# Alright I finally took some pictures



## pepperi27 (Nov 7, 2007)

Here is my soap gift set







Smoke and Odor Eliminator which really takes out odors no masking at all LOL





Mens body spray





Mens peppy foot balm My bf loves this





Dry skin shave soap





2oz jar lotion





Foaming bath oil





Womens body spray


----------



## Tabitha (Nov 7, 2007)

That is quite a specialized product line!

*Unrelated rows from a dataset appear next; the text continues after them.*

ghost use Rattle.std.specs.Prelude.{◌≡◌};
ghost use Rattle.kit_reading.specs.declared.faults.KitFault.TheVariants as faults;

use rp_base::NoMemory;
use sig_scheme::PublicKey;
use std::alloc::{AllocError, AllocFailed};
use thiserror::Error;

/// Why no kit was read. Lines are counted from 1.
#[derive(Clone, Copy, Debug, PartialEq, Eq, Error)]
pub enum KitFault {
    /// The writer of the text is to blame: the line is none of a kit of its scheme, or is where it can't be, or names a
    /// process that is not in the roster, or has more than 70,000 bytes, or does not end with a line feed.
    #[error("line {line} is no line of a kit")]
    Line {
        line: usize,
    },

    /// The writer of the text is to blame: an earlier line says the same thing.
    #[error("line {line} repeats an earlier line")]
    Repeated {
        line: usize,
    },

    /// The text was cut, or its writer left a line out that belongs before this one.
    #[error("line {line} comes before a line that is missing")]
    Missing {
        line: usize,
    },

    /// The secret and the key line of its process were not made together: who made the kit is to blame.
    #[error("line {line} has a secret whose public key is not the one on its key line")]
    KeyMismatch {
        line: usize,

        /// The public key that the secret makes.
        made: PublicKey,

        /// The public key on the key line, of the same scheme.
        listed: PublicKey,
    },

    /// Memory ran out, which is nobody's fault: the same text may be read again.
    #[error("out of memory")]
    NoMemory,
}

impl From<NoMemory> for KitFault {
    ghost from_gives = { λ _ e. e ≡ faults.NoMemory };

    fn from(_refused: NoMemory) -> KitFault {
        KitFault::NoMemory
    }
}

impl From<AllocError> for KitFault {
    ghost from_gives = { λ _ e. e ≡ faults.NoMemory };

    fn from(_refused: AllocError) -> KitFault {
        KitFault::NoMemory
    }
}

impl<T: Drop> From<AllocFailed<T>> for KitFault {
    ghost from_gives = { λ _ e. e ≡ faults.NoMemory };

    fn from(_refused: AllocFailed<T>) -> KitFault {
        KitFault::NoMemory
    }
}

You definately know what you want to do & where you want to go with it!


----------



## sunflwrgrl7 (Nov 7, 2007)

Ooh, very nice!  Hopefully you will get lots of Christmas sales with that gift set!!


----------



## pepperi27 (Nov 7, 2007)

Thank you guys I have four more gift sets but I didn't want anyone to think I was trying to advertise LOL.


----------



## dragonfly princess (Nov 8, 2007)

That is awsome! You have a ton of talent!!!

Good job!!


----------



## edco76 (Nov 8, 2007)

Sweet!


----------



## pepperi27 (Nov 8, 2007)

Thank you guys you are too sweet!


----------



## FitMommyOf2 (Nov 29, 2007)

Wow, awesome!!! Good luck in selling tons of it for Christmas! :wink:


----------



## Zenobiah (Dec 4, 2007)

Great original product ideas!


----------